* _WHAT YOU SHOULD DO_
Exactly as written, retype all of the records that come next.
SUPPLIED DATA section start
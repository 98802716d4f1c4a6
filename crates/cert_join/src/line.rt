// The lines of a tree as bytes: what each leaves, and the lemma that it names.
ghost use Rattle.std.specs.Prelude.{◌≡◌, ◌<◌, ◌^◌, ◌++◌, ◌∷◌, [], ℕ, List, decimal, nat_eq, not, IsTrue, OnOk, IfSome, IsSome};
ghost use Rattle.cover_line.specs.Views.{rule_word};
ghost use Rattle.cover_model.specs.Rules.{Line};
ghost use Rattle.cert_read.specs.CertLine.{CertLine, rule_line};
ghost use Rattle.cert_read.specs.LineText.{line_text, IsSpelled};
ghost use Rattle.cert_read.specs.Lines.{all_bytes, words_of};
ghost use Rattle.cert_joined.specs.Covers.{numbered};
ghost use Rattle.cert_join.specs.Kinds.{does_name, does_stay, kind_of_word, left_kind, lemma_front, lemma_named, rule_text, waiting_behind, IsRenumbered};

use cover_line::Word;
use itoa::Buffer;
use memchr::{memchr, memrchr};
use std::alloc::AllocError;

/// What a line leaves of its state.
#[derive(Clone, Copy, Debug, PartialEq, Eq)]
pub enum Left {
    Nothing,
    One,
    Two,
    /// The state stays open.
    Open,
    /// The state stays stuck.
    Stuck,
    /// It is no line of a tree.
    Unknown,
}

impl Left {
    /// Whether the state stays.
    pub fn stays(self) -> bool
        ensures { result ≡ does_stay self }
    {
        matches!(self, Left::Open | Left::Stuck)
    }

    /// How many states wait behind the line, where so many waited with its own.
    pub fn waiting(self, before: u64) -> u64
        ensures { result ≡ waiting_behind self before }
    {
        match self {
            Left::Nothing | Left::Open | Left::Stuck | Left::Unknown => before.saturating_sub(1),
            Left::One => before,
            Left::Two => before.saturating_add(1),
        }
    }
}

// What a line with this first word leaves.
fn left_by(word: Word) -> Left
    ensures { result ≡ kind_of_word (rule_word word) }
{
    match word {
        Word::Narrow(_) | Word::Unit | Word::Ban => Left::One,
        Word::Void(_) | Word::Squares | Word::False | Word::By | Word::Empty => Left::Nothing,
        Word::Cut | Word::Flip | Word::Case | Word::Either => Left::Two,
        Word::Open => Left::Open,
        Word::Stuck => Left::Stuck,
    }
}

/// What stands before the first space.
pub fn first_word(line: &[u8]) -> &[u8]
    ensures { (ws : List (List ℕ)) × (words_of line.now ≡ result.now ∷ ws) }
{
    match memchr(b' ', line) {
        Some(place) => &line[..place],
        None => line,
    }
}

/// What the line leaves of its state.
pub fn left_of(line: &[u8]) -> Left
    ensures { (r : Line) → line.now ≡ rule_text r → result ≡ left_kind r }
{
    let word = first_word(line);
    match Word::spelled(word) {
        Some(Word::Open) if word.len() < line.len() => Left::Unknown,
        Some(word) => left_by(word),
        None => Left::Unknown,
    }
}

// Whether the last word of the line is the number of a lemma.
fn names_lemma(line: &[u8]) -> bool
    ensures { (l : CertLine) → line.now ≡ line_text l → result ≡ does_name l }
{
    let word = first_word(line);
    word == Word::By.text().as_bytes() || word == Word::Ban.text().as_bytes()
}

/// The number that the bytes spell, in decimal digits without a leading zero.
pub fn number_of(bytes: &[u8]) -> Option<u32>
    ensures spelled { IfSome result (λ n. bytes.now ≡ decimal n) }
    ensures found { (n : ℕ) → n < 2 ^ 32 → bytes.now ≡ decimal n → result ≡ Some n }
{
    let Ok(text) = str::from_utf8(bytes) else {
        return None;
    };
    match text.parse::<u32>() {
        Ok(number) => {
            let mut buffer = Buffer::new();
            if buffer.format(number) == text {
                Some(number)
            } else {
                None
            }
        }
        Err(_) => None,
    }
}

/// Appends a number in decimal digits.
pub fn append_number(text: &mut Vec<u8>, number: u32) -> Result<(), AllocError>
    ensures { OnOk result (text.new.items ≡ text.old.items ++ decimal number) }
{
    let mut buffer = Buffer::new();
    text.extend_from_slice(buffer.format(number).as_bytes())
}

// What stands up to the last space, and behind it.
fn last_word(line: &[u8]) -> (&[u8], &[u8])
    ensures { (front word : List ℕ) → line.now ≡ (front ++ (32 ∷ [])) ++ word →
        IsTrue (all_bytes (λ b. not (nat_eq b 32)) word) →
        (result.0.now ≡ front ++ (32 ∷ [])) × (result.1.now ≡ word) }
{
    match memrchr(b' ', line) {
        Some(place) => line.split_at(place + 1),
        None => (line, &line[line.len()..]),
    }
}

// What stands up to the last space, and the number behind it.
fn last_number(line: &[u8]) -> (&[u8], Option<u32>)
    ensures { (r : Line) (i : ℕ) → line.now ≡ rule_text r → IsSpelled (rule_line r) →
        lemma_named r ≡ Some i → (result.0.now ≡ lemma_front r) × (result.1 ≡ Some i) }
{
    let (front, digits) = last_word(line);
    (front, number_of(digits))
}

// Appends what stands before a number, and the number.
fn append_both(text: &mut Vec<u8>, front: &[u8], number: u32) -> Result<(), AllocError>
    ensures { OnOk result (text.new.items ≡ text.old.items ++ (front.now ++ decimal number)) }
{
    match text.extend_from_slice(front) {
        Ok(()) => append_number(text, number),
        Err(error) => Err(error),
    }
}

/// Whether the line names none but the first lemmas, so many.
pub fn names_before(line: &[u8], count: usize) -> bool {
    if !names_lemma(line) {
        return true;
    }
    match last_number(line) {
        (_, Some(named)) => (named as usize) < count,
        (_, None) => false,
    }
}

// The number that these give this lemma, or 0.
fn number_at(numbers: &[u32], named: u32) -> u32
    ensures { result ≡ numbered numbers.now named }
{
    let place = named as usize;
    if place >= numbers.len() {
        return 0;
    }
    numbers[place]
}

// The number that these give a lemma, or 0.
fn number_by(numbers: &[u32], named: Option<u32>) -> u32
    ensures { (i : ℕ) → named ≡ Some i → result ≡ numbered numbers.now i }
{
    match named {
        Some(named) => number_at(numbers, named),
        None => 0,
    }
}

// Appends a line that names a lemma.
fn append_naming(text: &mut Vec<u8>, line: &[u8], numbers: &[u32]) -> Result<(), AllocError>
    ensures { (r : Line) (i : ℕ) → line.now ≡ rule_text r → IsSpelled (rule_line r) →
        lemma_named r ≡ Some i →
        OnOk result (IsRenumbered numbers.now (rule_line r) text.old.items text.new.items) }
{
    let (front, named) = last_number(line);
    match append_both(text, front, number_by(numbers, named)) {
        Ok(()) => Ok(()),
        Err(error) => Err(error),
    }
}

/// Appends a line without its break; a lemma that a line of a tree names has the number that `numbers` gives it, or 0.
pub fn append_renumbered(text: &mut Vec<u8>, line: &[u8], numbers: &[u32]) -> Result<(), AllocError>
    ensures { (l : CertLine) → line.now ≡ line_text l → IsSpelled l →
        OnOk result (IsRenumbered numbers.now l text.old.items text.new.items) }
{
    if names_lemma(line) {
        return append_naming(text, line, numbers);
    }
    match text.extend_from_slice(line) {
        Ok(()) => Ok(()),
        Err(error) => Err(error),
    }
}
SUPPLIED DATA section end
* _YOUR RESPONSE_
repository 98802716d4f1c4a6
filename crates/cert_join/src/line.rt
// The lines of a tree as bytes: what each leaves, and the lemma that it names.
ghost use Rattle.std.specs.Prelude.{◌≡◌, ◌<◌, ◌^◌, ◌++◌, ◌∷◌, [], ℕ, List, decimal, nat_eq, not, IsTrue, OnOk, IfSome, IsSome};
ghost use Rattle.cover_line.specs.Views.{rule_word};
ghost use Rattle.cover_model.specs.Rules.{Line};
ghost use Rattle.cert_read.specs.CertLine.{CertLine, rule_line};
ghost use Rattle.cert_read.specs.LineText.{line_text, IsSpelled};
ghost use Rattle.cert_read.specs.Lines.{all_bytes, words_of};
ghost use Rattle.cert_joined.specs.Covers.{numbered};
ghost use Rattle.cert_join.specs.Kinds.{does_name, does_stay, kind_of_word, left_kind, lemma_front, lemma_named, rule_text, waiting_behind, IsRenumbered};

use cover_line::Word;
use itoa::Buffer;
use memchr::{memchr, memrchr};
use std::alloc::AllocError;

/// What a line leaves of its state.
#[derive(Clone, Copy, Debug, PartialEq, Eq)]
pub enum Left {
    Nothing,
    One,
    Two,
    /// The state stays open.
    Open,
    /// The state stays stuck.
    Stuck,
    /// It is no line of a tree.
    Unknown,
}

impl Left {
    /// Whether the state stays.
    pub fn stays(self) -> bool
        ensures { result ≡ does_stay self }
    {
        matches!(self, Left::Open | Left::Stuck)
    }

    /// How many states wait behind the line, where so many waited with its own.
    pub fn waiting(self, before: u64) -> u64
        ensures { result ≡ waiting_behind self before }
    {
        match self {
            Left::Nothing | Left::Open | Left::Stuck | Left::Unknown => before.saturating_sub(1),
            Left::One => before,
            Left::Two => before.saturating_add(1),
        }
    }
}

// What a line with this first word leaves.
fn left_by(word: Word) -> Left
    ensures { result ≡ kind_of_word (rule_word word) }
{
    match word {
        Word::Narrow(_) | Word::Unit | Word::Ban => Left::One,
        Word::Void(_) | Word::Squares | Word::False | Word::By | Word::Empty => Left::Nothing,
        Word::Cut | Word::Flip | Word::Case | Word::Either => Left::Two,
        Word::Open => Left::Open,
        Word::Stuck => Left::Stuck,
    }
}

/// What stands before the first space.
pub fn first_word(line: &[u8]) -> &[u8]
    ensures { (ws : List (List ℕ)) × (words_of line.now ≡ result.now ∷ ws) }
{
    match memchr(b' ', line) {
        Some(place) => &line[..place],
        None => line,
    }
}

/// What the line leaves of its state.
pub fn left_of(line: &[u8]) -> Left
    ensures { (r : Line) → line.now ≡ rule_text r → result ≡ left_kind r }
{
    let word = first_word(line);
    match Word::spelled(word) {
        Some(Word::Open) if word.len() < line.len() => Left::Unknown,
        Some(word) => left_by(word),
        None => Left::Unknown,
    }
}

// Whether the last word of the line is the number of a lemma.
fn names_lemma(line: &[u8]) -> bool
    ensures { (l : CertLine) → line.now ≡ line_text l → result ≡ does_name l }
{
    let word = first_word(line);
    word == Word::By.text().as_bytes() || word == Word::Ban.text().as_bytes()
}

/// The number that the bytes spell, in decimal digits without a leading zero.
pub fn number_of(bytes: &[u8]) -> Option<u32>
    ensures spelled { IfSome result (λ n. bytes.now ≡ decimal n) }
    ensures found { (n : ℕ) → n < 2 ^ 32 → bytes.now ≡ decimal n → result ≡ Some n }
{
    let Ok(text) = str::from_utf8(bytes) else {
        return None;
    };
    match text.parse::<u32>() {
        Ok(number) => {
            let mut buffer = Buffer::new();
            if buffer.format(number) == text {
                Some(number)
            } else {
                None
            }
        }
        Err(_) => None,
    }
}

/// Appends a number in decimal digits.
pub fn append_number(text: &mut Vec<u8>, number: u32) -> Result<(), AllocError>
    ensures { OnOk result (text.new.items ≡ text.old.items ++ decimal number) }
{
    let mut buffer = Buffer::new();
    text.extend_from_slice(buffer.format(number).as_bytes())
}

// What stands up to the last space, and behind it.
fn last_word(line: &[u8]) -> (&[u8], &[u8])
    ensures { (front word : List ℕ) → line.now ≡ (front ++ (32 ∷ [])) ++ word →
        IsTrue (all_bytes (λ b. not (nat_eq b 32)) word) →
        (result.0.now ≡ front ++ (32 ∷ [])) × (result.1.now ≡ word) }
{
    match memrchr(b' ', line) {
        Some(place) => line.split_at(place + 1),
        None => (line, &line[line.len()..]),
    }
}

// What stands up to the last space, and the number behind it.
fn last_number(line: &[u8]) -> (&[u8], Option<u32>)
    ensures { (r : Line) (i : ℕ) → line.now ≡ rule_text r → IsSpelled (rule_line r) →
        lemma_named r ≡ Some i → (result.0.now ≡ lemma_front r) × (result.1 ≡ Some i) }
{
    let (front, digits) = last_word(line);
    (front, number_of(digits))
}

// Appends what stands before a number, and the number.
fn append_both(text: &mut Vec<u8>, front: &[u8], number: u32) -> Result<(), AllocError>
    ensures { OnOk result (text.new.items ≡ text.old.items ++ (front.now ++ decimal number)) }
{
    match text.extend_from_slice(front) {
        Ok(()) => append_number(text, number),
        Err(error) => Err(error),
    }
}

/// Whether the line names none but the first lemmas, so many.
pub fn names_before(line: &[u8], count: usize) -> bool {
    if !names_lemma(line) {
        return true;
    }
    match last_number(line) {
        (_, Some(named)) => (named as usize) < count,
        (_, None) => false,
    }
}

// The number that these give this lemma, or 0.
fn number_at(numbers: &[u32], named: u32) -> u32
    ensures { result ≡ numbered numbers.now named }
{
    let place = named as usize;
    if place >= numbers.len() {
        return 0;
    }
    numbers[place]
}

// The number that these give a lemma, or 0.
fn number_by(numbers: &[u32], named: Option<u32>) -> u32
    ensures { (i : ℕ) → named ≡ Some i → result ≡ numbered numbers.now i }
{
    match named {
        Some(named) => number_at(numbers, named),
        None => 0,
    }
}

// Appends a line that names a lemma.
fn append_naming(text: &mut Vec<u8>, line: &[u8], numbers: &[u32]) -> Result<(), AllocError>
    ensures { (r : Line) (i : ℕ) → line.now ≡ rule_text r → IsSpelled (rule_line r) →
        lemma_named r ≡ Some i →
        OnOk result (IsRenumbered numbers.now (rule_line r) text.old.items text.new.items) }
{
    let (front, named) = last_number(line);
    match append_both(text, front, number_by(numbers, named)) {
        Ok(()) => Ok(()),
        Err(error) => Err(error),
    }
}

/// Appends a line without its break; a lemma that a line of a tree names has the number that `numbers` gives it, or 0.
pub fn append_renumbered(text: &mut Vec<u8>, line: &[u8], numbers: &[u32]) -> Result<(), AllocError>
    ensures { (l : CertLine) → line.now ≡ line_text l → IsSpelled l →
        OnOk result (IsRenumbered numbers.now l text.old.items text.new.items) }
{
    if names_lemma(line) {
        return append_naming(text, line, numbers);
    }
    match text.extend_from_slice(line) {
        Ok(()) => Ok(()),
        Err(error) => Err(error),
    }
}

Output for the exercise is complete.